ACTION ITEM
Only a number is wanted: how many lines in the listing contain the word "records"?

☆ ☆ ☆ ☆ ☆ ☆ ☆

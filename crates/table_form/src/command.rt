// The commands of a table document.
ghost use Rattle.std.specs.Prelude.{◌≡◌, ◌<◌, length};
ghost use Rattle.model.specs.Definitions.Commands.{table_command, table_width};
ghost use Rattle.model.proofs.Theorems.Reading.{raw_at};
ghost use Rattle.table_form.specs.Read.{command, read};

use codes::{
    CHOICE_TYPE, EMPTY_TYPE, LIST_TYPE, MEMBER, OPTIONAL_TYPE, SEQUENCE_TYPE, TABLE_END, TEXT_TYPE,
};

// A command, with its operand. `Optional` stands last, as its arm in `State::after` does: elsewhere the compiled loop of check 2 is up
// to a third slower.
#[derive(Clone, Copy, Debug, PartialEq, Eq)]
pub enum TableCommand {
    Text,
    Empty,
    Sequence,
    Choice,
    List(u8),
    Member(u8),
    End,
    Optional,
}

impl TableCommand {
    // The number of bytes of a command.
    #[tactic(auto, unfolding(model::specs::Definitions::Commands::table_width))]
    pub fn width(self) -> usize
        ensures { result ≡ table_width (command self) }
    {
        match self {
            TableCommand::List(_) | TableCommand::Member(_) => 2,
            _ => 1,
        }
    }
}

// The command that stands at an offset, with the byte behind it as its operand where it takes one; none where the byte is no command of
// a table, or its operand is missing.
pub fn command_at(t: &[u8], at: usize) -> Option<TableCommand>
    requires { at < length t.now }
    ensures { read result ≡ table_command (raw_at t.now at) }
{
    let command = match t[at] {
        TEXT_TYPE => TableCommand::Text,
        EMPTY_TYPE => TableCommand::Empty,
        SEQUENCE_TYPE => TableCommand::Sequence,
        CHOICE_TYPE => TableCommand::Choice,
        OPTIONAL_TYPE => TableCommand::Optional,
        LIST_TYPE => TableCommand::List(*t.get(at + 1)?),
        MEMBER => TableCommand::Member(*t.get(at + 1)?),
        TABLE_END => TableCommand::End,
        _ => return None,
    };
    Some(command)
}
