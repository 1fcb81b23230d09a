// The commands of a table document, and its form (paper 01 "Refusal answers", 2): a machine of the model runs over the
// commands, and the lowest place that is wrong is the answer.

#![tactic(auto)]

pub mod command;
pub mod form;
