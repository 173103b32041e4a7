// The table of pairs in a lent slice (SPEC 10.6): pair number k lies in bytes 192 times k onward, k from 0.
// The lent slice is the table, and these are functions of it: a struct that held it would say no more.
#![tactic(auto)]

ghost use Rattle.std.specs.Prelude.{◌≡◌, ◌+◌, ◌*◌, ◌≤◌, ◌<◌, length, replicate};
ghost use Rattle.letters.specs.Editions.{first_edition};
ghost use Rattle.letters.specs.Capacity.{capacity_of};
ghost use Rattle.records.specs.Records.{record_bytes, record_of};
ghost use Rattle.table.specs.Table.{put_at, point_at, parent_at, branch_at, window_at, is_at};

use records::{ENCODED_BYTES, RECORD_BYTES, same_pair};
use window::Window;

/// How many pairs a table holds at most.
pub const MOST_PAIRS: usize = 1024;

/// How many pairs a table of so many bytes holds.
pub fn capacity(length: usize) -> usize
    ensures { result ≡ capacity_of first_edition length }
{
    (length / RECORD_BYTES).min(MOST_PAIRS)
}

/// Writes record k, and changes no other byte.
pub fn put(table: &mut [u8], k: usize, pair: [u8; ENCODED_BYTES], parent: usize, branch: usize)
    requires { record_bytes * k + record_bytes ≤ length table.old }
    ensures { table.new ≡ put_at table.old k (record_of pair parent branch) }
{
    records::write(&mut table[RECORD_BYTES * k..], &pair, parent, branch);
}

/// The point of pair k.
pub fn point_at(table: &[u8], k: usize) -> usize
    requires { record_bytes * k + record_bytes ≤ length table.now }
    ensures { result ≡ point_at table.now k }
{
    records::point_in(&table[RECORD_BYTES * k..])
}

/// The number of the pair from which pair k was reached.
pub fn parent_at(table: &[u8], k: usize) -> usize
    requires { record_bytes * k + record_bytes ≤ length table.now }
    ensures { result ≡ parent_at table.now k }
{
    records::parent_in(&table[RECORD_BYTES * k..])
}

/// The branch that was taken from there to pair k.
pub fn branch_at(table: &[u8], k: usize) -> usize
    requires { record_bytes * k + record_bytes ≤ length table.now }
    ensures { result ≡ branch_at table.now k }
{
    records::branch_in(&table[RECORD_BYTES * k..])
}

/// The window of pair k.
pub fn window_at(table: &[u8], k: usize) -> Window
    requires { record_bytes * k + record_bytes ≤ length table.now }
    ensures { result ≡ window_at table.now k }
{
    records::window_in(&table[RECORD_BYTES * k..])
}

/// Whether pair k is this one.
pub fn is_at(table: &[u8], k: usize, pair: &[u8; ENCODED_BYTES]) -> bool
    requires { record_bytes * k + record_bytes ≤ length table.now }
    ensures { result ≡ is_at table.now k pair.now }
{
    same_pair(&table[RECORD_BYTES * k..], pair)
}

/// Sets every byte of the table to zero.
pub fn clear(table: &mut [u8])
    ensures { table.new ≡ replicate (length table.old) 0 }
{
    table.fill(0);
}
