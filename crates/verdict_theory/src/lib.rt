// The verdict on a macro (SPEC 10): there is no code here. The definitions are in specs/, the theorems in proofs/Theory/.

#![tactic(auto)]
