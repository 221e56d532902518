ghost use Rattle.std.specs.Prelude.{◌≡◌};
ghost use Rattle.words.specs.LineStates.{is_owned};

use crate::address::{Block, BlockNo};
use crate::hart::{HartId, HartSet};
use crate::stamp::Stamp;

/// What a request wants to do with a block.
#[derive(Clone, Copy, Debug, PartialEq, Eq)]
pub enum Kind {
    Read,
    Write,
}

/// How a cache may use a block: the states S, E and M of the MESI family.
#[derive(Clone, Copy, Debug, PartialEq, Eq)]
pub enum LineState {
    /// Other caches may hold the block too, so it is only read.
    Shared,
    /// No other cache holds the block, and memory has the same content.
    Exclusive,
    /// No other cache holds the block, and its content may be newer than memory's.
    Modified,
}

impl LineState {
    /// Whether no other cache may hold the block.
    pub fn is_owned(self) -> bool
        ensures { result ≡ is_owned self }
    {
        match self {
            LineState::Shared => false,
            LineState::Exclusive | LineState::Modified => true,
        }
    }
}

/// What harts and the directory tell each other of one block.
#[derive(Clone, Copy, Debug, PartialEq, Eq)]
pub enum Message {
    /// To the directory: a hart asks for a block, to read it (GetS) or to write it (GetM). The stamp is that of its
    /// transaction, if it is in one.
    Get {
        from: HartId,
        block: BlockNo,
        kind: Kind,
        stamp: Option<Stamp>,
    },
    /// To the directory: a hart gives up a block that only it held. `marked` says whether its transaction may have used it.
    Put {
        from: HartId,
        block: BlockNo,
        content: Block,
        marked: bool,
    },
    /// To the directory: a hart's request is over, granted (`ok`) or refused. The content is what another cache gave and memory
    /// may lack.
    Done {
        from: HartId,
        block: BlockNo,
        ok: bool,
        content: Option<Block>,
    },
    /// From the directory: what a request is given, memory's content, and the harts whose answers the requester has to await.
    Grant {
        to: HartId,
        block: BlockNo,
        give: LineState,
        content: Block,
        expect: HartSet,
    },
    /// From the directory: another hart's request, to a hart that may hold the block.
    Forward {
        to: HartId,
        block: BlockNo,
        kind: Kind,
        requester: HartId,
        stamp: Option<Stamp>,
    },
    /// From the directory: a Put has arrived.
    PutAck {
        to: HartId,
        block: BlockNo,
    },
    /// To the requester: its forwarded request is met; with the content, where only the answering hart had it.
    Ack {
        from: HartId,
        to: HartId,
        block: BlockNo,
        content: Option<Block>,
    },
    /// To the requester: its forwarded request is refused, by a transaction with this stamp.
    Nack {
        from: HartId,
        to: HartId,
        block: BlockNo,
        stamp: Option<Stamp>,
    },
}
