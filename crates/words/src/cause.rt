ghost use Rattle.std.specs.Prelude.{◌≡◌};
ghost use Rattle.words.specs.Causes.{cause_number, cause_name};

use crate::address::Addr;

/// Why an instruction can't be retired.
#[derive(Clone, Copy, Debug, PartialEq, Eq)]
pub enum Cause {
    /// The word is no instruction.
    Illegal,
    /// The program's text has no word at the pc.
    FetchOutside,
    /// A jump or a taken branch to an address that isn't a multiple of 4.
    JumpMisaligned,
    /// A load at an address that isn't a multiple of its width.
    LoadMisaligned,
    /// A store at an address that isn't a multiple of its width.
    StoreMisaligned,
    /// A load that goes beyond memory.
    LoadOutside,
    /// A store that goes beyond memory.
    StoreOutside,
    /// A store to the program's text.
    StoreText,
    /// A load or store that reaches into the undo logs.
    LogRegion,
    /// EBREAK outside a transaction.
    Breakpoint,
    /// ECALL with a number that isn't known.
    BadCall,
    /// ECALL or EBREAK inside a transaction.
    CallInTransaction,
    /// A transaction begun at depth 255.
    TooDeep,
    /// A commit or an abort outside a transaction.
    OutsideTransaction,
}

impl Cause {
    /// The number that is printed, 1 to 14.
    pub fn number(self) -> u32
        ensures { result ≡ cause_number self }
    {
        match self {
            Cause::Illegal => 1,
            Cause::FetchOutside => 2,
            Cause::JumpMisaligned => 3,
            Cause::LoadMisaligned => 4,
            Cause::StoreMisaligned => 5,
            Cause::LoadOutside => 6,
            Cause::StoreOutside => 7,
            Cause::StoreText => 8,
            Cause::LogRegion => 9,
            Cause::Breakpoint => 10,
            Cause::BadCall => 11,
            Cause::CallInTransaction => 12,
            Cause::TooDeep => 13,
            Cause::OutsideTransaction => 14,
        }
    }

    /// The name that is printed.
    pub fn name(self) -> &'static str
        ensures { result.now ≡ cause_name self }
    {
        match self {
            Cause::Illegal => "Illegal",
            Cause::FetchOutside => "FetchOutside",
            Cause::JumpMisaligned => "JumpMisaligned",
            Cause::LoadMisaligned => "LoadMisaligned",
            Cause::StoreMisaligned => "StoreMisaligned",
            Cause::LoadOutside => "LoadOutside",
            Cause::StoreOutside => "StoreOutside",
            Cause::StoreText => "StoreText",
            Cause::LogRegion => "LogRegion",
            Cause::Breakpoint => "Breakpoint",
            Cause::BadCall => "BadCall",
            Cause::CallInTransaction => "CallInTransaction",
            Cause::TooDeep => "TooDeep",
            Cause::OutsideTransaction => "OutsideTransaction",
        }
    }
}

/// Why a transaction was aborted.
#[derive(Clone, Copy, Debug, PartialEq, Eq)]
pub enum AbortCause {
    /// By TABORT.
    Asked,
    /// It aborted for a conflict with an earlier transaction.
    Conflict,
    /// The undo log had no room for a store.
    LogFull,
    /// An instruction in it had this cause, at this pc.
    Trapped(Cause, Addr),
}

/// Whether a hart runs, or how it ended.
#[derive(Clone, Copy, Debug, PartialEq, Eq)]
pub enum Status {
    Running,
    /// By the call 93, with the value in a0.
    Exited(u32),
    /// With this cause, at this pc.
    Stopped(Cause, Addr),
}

☆ ☆ ☆ ☆ ☆ ☆ ☆

REPLY
7